In the intervention group, 25/35 patients completed the supplementation at 6 weeks and 20/35 were available at 12 weeks. The mean baseline level of 25(OH)D was 9.59 ± 7.59 ng/mL, and after 6 weeks 19.51 ± 4.27 ng/mL, mean increase being 9.99 ± 6.83 ng/mL, which was highly significant (P < 0.0001). After discontinuing supplementation at 6 weeks, serum 25(OH)D level dropped significantly from 6 to 12 weeks [-2.84 ± 6.25 ng/mL (P = 0.04)]. However, it was still significantly higher at 12 weeks (16.08 ± 8.27 ng/mL) as compared with the baseline. PTH and calcium did not change significantly with supplementation. The change in serum 25(OH)D level from baseline to 6 weeks in the intervention group was inversely related to baseline 25(OH)D levels and patient's weight. In the control group, change in 25(OH)D from baseline to 6 weeks was not significant.

CONCLUSION

Supplementation with cholecalciferol 60,000 unit/week for 6 weeks was insufficient to achieve optimal levels of 25(OH)D in Indian patients with CKD on MHD.

摘要

背景

在接受维持性血液透析(MHD)的印度慢性肾脏病(CKD)患者中,维生素D缺乏很常见,但胆钙化醇的最佳剂量尚不清楚。

材料与方法

共有45名同意参与的患者被随机分为干预组和对照组。在干预组中,血清25-羟维生素D(25(OH)D)<30 ng/mL的患者(n = 35)(n = 33),接受每周60,000单位的口服胆钙化醇,持续6周。在第0、6和12周测量血清25(OH)D、钙、磷、白蛋白和甲状旁腺激素(PTH)水平。

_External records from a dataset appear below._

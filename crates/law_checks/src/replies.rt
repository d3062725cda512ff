//! Tests of the contents of replies.
ghost use Rattle.std.specs.Prelude.{◌≡◌};
ghost use Rattle.std.specs.List.{list_any};
ghost use Rattle.law_checks.specs.Asking.{is_asked};
ghost use Rattle.history_reading.specs.EndReadings.{end_view};
ghost use Rattle.history_reading.specs.Views.{reply_view, sent_view, packet_view};
ghost use Rattle.history_reading.specs.Settled as settled;
ghost use Rattle.history_reading.specs.SentPacket.{is_said, says};
ghost use Rattle.history_reading.specs.Waits as waits;
ghost use Rattle.history_reading.specs.Waits.{own_returns};
ghost use Rattle.ipdl_base.specs.Sound.{IsSound};

use history_reading::{EndReading, ReplyContent, SentPacket, is_nulled, missing};
use ipdl_base::{ParamRow, Reason, Schema, Values, returns_of};

/// Whether both are the same reason.
fn same_reason(a: Reason, b: Reason) -> bool
    ensures { result ≡ waits.same_reason a b }
{
    matches!(
        (a, b),
        (Reason::ChannelClosed, Reason::ChannelClosed)
            | (Reason::HandlerRejected, Reason::HandlerRejected)
            | (Reason::ActorDestroyed, Reason::ActorDestroyed)
            | (Reason::ResolverDestroyed, Reason::ResolverDestroyed)
    )
}

/// Whether a reply is a fault of this reason.
fn is_fault(said: &ReplyContent<'_>, reason: Reason) -> bool
    ensures { result ≡ waits.is_fault reason (reply_view said.now) }
{
    match said {
        ReplyContent::Fault(other) => same_reason(*other, reason),
        _ => false,
    }
}

/// Whether a reply is a handler's rejection.
fn is_rejected(said: &ReplyContent<'_>) -> bool
    ensures { result ≡ settled.is_rejected (reply_view said.now) }
{
    matches!(said, ReplyContent::Rejected)
}

/// Whether a reply answers a call with these values, in which dead actors are null.
fn is_ok_with(
    said: &ReplyContent<'_>,
    schema: &Schema,
    own: &EndReading<'_>,
    types: &[ParamRow],
    values: &Values,
) -> bool
    ensures { result ≡ waits.is_ok_with schema.now (end_view own.now) types.now values.now (reply_view said.now) }
{
    match said {
        ReplyContent::Ok(sent) => is_nulled(schema, own, types, sent, values),
        _ => false,
    }
}

/// Whether a reply answers a call with values in which an actor is missing.
fn is_ok_missing(
    said: &ReplyContent<'_>,
    schema: &Schema,
    own: &EndReading<'_>,
    types: &[ParamRow],
) -> bool
    ensures { result ≡ waits.is_ok_missing schema.now (end_view own.now) types.now (reply_view said.now) }
{
    match said {
        ReplyContent::Ok(sent) => missing(schema, own, types, sent).is_some(),
        _ => false,
    }
}

/// Whether a reply resolves with these values, in which dead actors are null.
fn is_resolved_with(
    said: &ReplyContent<'_>,
    schema: &Schema,
    own: &EndReading<'_>,
    types: &[ParamRow],
    values: &Values,
) -> bool
    ensures { result ≡ settled.is_resolved_with schema.now (end_view own.now) types.now values.now (reply_view said.now) }
{
    match said {
        ReplyContent::Resolved(sent) => is_nulled(schema, own, types, sent, values),
        _ => false,
    }
}

/// Whether a reply resolves with values in which an actor is missing.
fn is_resolved_missing(
    said: &ReplyContent<'_>,
    schema: &Schema,
    own: &EndReading<'_>,
    types: &[ParamRow],
) -> bool
    ensures { result ≡ settled.is_resolved_missing schema.now (end_view own.now) types.now (reply_view said.now) }
{
    match said {
        ReplyContent::Resolved(sent) => missing(schema, own, types, sent).is_some(),
        _ => false,
    }
}

/// Returns the return types of an end's request of a number.
pub fn own_returns<'s>(schema: &'s Schema, own: &EndReading<'_>, n: i32) -> &'s [ParamRow]
    requires { IsSound schema.now }
    ensures { result.now ≡ own_returns schema.now (end_view own.now) n }
{
    match own.sent.request(n) {
        Some(request) => returns_of(schema, request.number),
        None => &[],
    }
}

/// What a test requires of a reply to the request of a number.
#[derive(Clone, Copy)]
pub enum ReplyTest<'a> {
    Fault(Reason),
    Rejected,
    OkWith(&'a [ParamRow], &'a Values),
    OkMissing(&'a [ParamRow]),
    ResolvedWith(&'a [ParamRow], &'a Values),
    ResolvedMissing(&'a [ParamRow]),
}

/// Whether a reply passes a test.
fn answers(
    said: &ReplyContent<'_>,
    schema: &Schema,
    own: &EndReading<'_>,
    asked: &ReplyTest<'_>,
) -> bool
    ensures { result ≡ is_asked schema.now (end_view own.now) asked.now (reply_view said.now) }
{
    match asked {
        ReplyTest::Fault(reason) => is_fault(said, *reason),
        ReplyTest::Rejected => is_rejected(said),
        ReplyTest::OkWith(types, values) => is_ok_with(said, schema, own, types, values),
        ReplyTest::OkMissing(types) => is_ok_missing(said, schema, own, types),
        ReplyTest::ResolvedWith(types, values) => is_resolved_with(
            said, schema, own, types, values,
        ),
        ReplyTest::ResolvedMissing(types) => is_resolved_missing(said, schema, own, types),
    }
}

/// Whether a packet is a reply to the request of a number, and passes a test.
fn is_said(
    told: &SentPacket<'_>,
    schema: &Schema,
    own: &EndReading<'_>,
    n: i32,
    asked: &ReplyTest<'_>,
) -> bool
    ensures { result ≡ is_said (is_asked schema.now (end_view own.now) asked.now) n (packet_view told.now) }
{
    match told {
        SentPacket::Reply(m, said) => *m == n && answers(said, schema, own, asked),
        _ => false,
    }
}

/// Whether some packet is such a reply.
fn some_is_said(
    sent: &[SentPacket<'_>],
    schema: &Schema,
    own: &EndReading<'_>,
    n: i32,
    asked: &ReplyTest<'_>,
) -> bool
    ensures { result ≡ list_any (λ t. is_said (is_asked schema.now (end_view own.now) asked.now) n (packet_view t)) sent.now }
{
    sent.iter().any(|told| is_said(told, schema, own, n, asked))
}

/// Whether some reply of an end to the request of a number passes a test, where `own` is what is
/// read of the end that receives it.
pub fn says(
    schema: &Schema,
    own: &EndReading<'_>,
    other: &EndReading<'_>,
    n: i32,
    asked: &ReplyTest<'_>,
) -> bool
    ensures { result ≡ says (is_asked schema.now (end_view own.now) asked.now) (end_view other.now).sent n }
{
    some_is_said(other.sent.as_slice(), schema, own, n, asked)
}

在对照组(n = 10)中,在第0和6周进行这些指标的评估。

结果

在干预组中,25/35名患者在6周时完成了补充,20/35名患者在12周时仍可进行评估。25(OH)D的平均基线水平为9.59±7.59 ng/mL,6周后为19.51±4.27 ng/mL,平均升高9.99±6.83 ng/mL,差异具有高度显著性(P<0.0001)。在6周停止补充后,血清25(OH)D水平在6至12周显著下降[-2.84±6.25 ng/mL(P = 0.04)]。然而,与基线相比,在12周时仍显著更高(16.08±8.27 ng/mL)。补充后PTH和钙没有显著变化。干预组中血清25(OH)D水平从基线到6周的变化与基线25(OH)D水平和患者体重呈负相关。在对照组中,25(OH)D从基线到6周的变化不显著。

结论

对于接受MHD的印度CKD患者,每周补充60,000单位胆钙化醇持续6周不足以达到25(OH)D的最佳水平。